Stored data
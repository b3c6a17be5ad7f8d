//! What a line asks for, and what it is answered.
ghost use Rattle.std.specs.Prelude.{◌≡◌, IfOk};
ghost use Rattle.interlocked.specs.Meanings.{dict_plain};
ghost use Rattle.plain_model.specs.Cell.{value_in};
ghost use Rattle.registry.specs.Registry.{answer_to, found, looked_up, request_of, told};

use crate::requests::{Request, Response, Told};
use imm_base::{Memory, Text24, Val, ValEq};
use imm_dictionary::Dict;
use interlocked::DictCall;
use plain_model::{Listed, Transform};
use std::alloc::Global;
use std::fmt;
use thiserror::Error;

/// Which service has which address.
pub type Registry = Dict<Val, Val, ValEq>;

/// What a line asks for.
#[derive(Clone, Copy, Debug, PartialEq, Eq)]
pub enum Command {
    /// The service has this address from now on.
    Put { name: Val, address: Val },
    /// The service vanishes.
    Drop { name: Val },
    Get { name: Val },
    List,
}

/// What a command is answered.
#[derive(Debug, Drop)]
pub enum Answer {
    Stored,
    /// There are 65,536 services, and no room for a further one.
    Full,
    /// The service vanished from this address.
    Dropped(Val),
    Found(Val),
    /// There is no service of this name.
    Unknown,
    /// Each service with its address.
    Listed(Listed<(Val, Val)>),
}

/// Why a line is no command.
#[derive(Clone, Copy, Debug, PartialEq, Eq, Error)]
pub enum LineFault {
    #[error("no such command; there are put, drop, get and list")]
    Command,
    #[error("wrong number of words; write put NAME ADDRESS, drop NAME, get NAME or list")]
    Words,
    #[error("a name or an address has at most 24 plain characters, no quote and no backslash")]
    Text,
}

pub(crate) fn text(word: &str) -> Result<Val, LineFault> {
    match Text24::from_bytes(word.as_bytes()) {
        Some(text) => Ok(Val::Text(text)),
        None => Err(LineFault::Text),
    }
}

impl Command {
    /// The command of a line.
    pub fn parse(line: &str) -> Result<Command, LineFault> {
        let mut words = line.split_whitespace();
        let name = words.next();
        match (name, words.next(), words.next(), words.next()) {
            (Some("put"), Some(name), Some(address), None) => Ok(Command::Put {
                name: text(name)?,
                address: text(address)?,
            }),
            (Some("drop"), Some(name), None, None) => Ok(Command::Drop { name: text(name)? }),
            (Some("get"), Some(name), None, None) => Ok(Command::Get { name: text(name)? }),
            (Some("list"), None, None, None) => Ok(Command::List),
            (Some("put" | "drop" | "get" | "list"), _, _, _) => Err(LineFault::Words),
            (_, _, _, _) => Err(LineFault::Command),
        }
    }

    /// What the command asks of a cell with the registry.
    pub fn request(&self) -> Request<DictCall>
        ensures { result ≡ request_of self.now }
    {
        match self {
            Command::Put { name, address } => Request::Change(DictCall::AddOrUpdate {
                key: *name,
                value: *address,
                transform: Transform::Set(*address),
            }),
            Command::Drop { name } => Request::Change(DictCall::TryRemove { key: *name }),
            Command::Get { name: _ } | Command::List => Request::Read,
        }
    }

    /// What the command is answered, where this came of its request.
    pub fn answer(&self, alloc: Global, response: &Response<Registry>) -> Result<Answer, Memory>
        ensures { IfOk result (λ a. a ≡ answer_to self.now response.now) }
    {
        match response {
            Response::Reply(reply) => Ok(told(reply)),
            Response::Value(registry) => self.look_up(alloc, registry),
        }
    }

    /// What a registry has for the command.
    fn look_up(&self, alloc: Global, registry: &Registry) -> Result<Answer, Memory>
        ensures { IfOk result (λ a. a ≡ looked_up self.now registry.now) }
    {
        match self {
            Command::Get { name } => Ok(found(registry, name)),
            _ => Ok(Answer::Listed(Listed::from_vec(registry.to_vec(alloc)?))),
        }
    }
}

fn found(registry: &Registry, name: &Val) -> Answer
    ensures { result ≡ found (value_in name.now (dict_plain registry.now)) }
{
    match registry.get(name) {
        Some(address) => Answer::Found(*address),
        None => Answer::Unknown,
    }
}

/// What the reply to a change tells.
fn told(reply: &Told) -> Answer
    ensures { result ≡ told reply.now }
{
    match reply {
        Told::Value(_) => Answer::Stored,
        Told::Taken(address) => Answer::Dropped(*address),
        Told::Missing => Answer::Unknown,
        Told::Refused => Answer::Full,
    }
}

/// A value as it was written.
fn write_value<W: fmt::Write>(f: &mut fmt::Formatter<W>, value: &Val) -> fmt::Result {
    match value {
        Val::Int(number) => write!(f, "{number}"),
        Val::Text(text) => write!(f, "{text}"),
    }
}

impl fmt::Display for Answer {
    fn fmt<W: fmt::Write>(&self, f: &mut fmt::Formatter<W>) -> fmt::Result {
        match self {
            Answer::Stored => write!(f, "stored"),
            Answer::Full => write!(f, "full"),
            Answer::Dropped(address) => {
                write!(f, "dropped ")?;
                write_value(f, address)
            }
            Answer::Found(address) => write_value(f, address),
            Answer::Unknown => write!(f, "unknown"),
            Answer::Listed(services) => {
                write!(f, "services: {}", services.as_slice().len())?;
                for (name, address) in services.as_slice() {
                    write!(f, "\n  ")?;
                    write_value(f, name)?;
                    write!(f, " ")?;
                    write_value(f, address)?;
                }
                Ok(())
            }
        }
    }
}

**TO DO**
All the records above need to be output exactly, with none omitted.

**OUTPUT OF THE EXERCISE**
repository b3c6a17be5ad7f8d
//! What a line asks for, and what it is answered.
ghost use Rattle.std.specs.Prelude.{◌≡◌, IfOk};
ghost use Rattle.interlocked.specs.Meanings.{dict_plain};
ghost use Rattle.plain_model.specs.Cell.{value_in};
ghost use Rattle.registry.specs.Registry.{answer_to, found, looked_up, request_of, told};

use crate::requests::{Request, Response, Told};
use imm_base::{Memory, Text24, Val, ValEq};
use imm_dictionary::Dict;
use interlocked::DictCall;
use plain_model::{Listed, Transform};
use std::alloc::Global;
use std::fmt;
use thiserror::Error;

/// Which service has which address.
pub type Registry = Dict<Val, Val, ValEq>;

/// What a line asks for.
#[derive(Clone, Copy, Debug, PartialEq, Eq)]
pub enum Command {
    /// The service has this address from now on.
    Put { name: Val, address: Val },
    /// The service vanishes.
    Drop { name: Val },
    Get { name: Val },
    List,
}

/// What a command is answered.
#[derive(Debug, Drop)]
pub enum Answer {
    Stored,
    /// There are 65,536 services, and no room for a further one.
    Full,
    /// The service vanished from this address.
    Dropped(Val),
    Found(Val),
    /// There is no service of this name.
    Unknown,
    /// Each service with its address.
    Listed(Listed<(Val, Val)>),
}

/// Why a line is no command.
#[derive(Clone, Copy, Debug, PartialEq, Eq, Error)]
pub enum LineFault {
    #[error("no such command; there are put, drop, get and list")]
    Command,
    #[error("wrong number of words; write put NAME ADDRESS, drop NAME, get NAME or list")]
    Words,
    #[error("a name or an address has at most 24 plain characters, no quote and no backslash")]
    Text,
}

pub(crate) fn text(word: &str) -> Result<Val, LineFault> {
    match Text24::from_bytes(word.as_bytes()) {
        Some(text) => Ok(Val::Text(text)),
        None => Err(LineFault::Text),
    }
}

impl Command {
    /// The command of a line.
    pub fn parse(line: &str) -> Result<Command, LineFault> {
        let mut words = line.split_whitespace();
        let name = words.next();
        match (name, words.next(), words.next(), words.next()) {
            (Some("put"), Some(name), Some(address), None) => Ok(Command::Put {
                name: text(name)?,
                address: text(address)?,
            }),
            (Some("drop"), Some(name), None, None) => Ok(Command::Drop { name: text(name)? }),
            (Some("get"), Some(name), None, None) => Ok(Command::Get { name: text(name)? }),
            (Some("list"), None, None, None) => Ok(Command::List),
            (Some("put" | "drop" | "get" | "list"), _, _, _) => Err(LineFault::Words),
            (_, _, _, _) => Err(LineFault::Command),
        }
    }

    /// What the command asks of a cell with the registry.
    pub fn request(&self) -> Request<DictCall>
        ensures { result ≡ request_of self.now }
    {
        match self {
            Command::Put { name, address } => Request::Change(DictCall::AddOrUpdate {
                key: *name,
                value: *address,
                transform: Transform::Set(*address),
            }),
            Command::Drop { name } => Request::Change(DictCall::TryRemove { key: *name }),
            Command::Get { name: _ } | Command::List => Request::Read,
        }
    }

    /// What the command is answered, where this came of its request.
    pub fn answer(&self, alloc: Global, response: &Response<Registry>) -> Result<Answer, Memory>
        ensures { IfOk result (λ a. a ≡ answer_to self.now response.now) }
    {
        match response {
            Response::Reply(reply) => Ok(told(reply)),
            Response::Value(registry) => self.look_up(alloc, registry),
        }
    }

    /// What a registry has for the command.
    fn look_up(&self, alloc: Global, registry: &Registry) -> Result<Answer, Memory>
        ensures { IfOk result (λ a. a ≡ looked_up self.now registry.now) }
    {
        match self {
            Command::Get { name } => Ok(found(registry, name)),
            _ => Ok(Answer::Listed(Listed::from_vec(registry.to_vec(alloc)?))),
        }
    }
}

fn found(registry: &Registry, name: &Val) -> Answer
    ensures { result ≡ found (value_in name.now (dict_plain registry.now)) }
{
    match registry.get(name) {
        Some(address) => Answer::Found(*address),
        None => Answer::Unknown,
    }
}

/// What the reply to a change tells.
fn told(reply: &Told) -> Answer
    ensures { result ≡ told reply.now }
{
    match reply {
        Told::Value(_) => Answer::Stored,
        Told::Taken(address) => Answer::Dropped(*address),
        Told::Missing => Answer::Unknown,
        Told::Refused => Answer::Full,
    }
}

/// A value as it was written.
fn write_value<W: fmt::Write>(f: &mut fmt::Formatter<W>, value: &Val) -> fmt::Result {
    match value {
        Val::Int(number) => write!(f, "{number}"),
        Val::Text(text) => write!(f, "{text}"),
    }
}

impl fmt::Display for Answer {
    fn fmt<W: fmt::Write>(&self, f: &mut fmt::Formatter<W>) -> fmt::Result {
        match self {
            Answer::Stored => write!(f, "stored"),
            Answer::Full => write!(f, "full"),
            Answer::Dropped(address) => {
                write!(f, "dropped ")?;
                write_value(f, address)
            }
            Answer::Found(address) => write_value(f, address),
            Answer::Unknown => write!(f, "unknown"),
            Answer::Listed(services) => {
                write!(f, "services: {}", services.as_slice().len())?;
                for (name, address) in services.as_slice() {
                    write!(f, "\n  ")?;
                    write_value(f, name)?;
                    write!(f, " ")?;
                    write_value(f, address)?;
                }
                Ok(())
            }
        }
    }
}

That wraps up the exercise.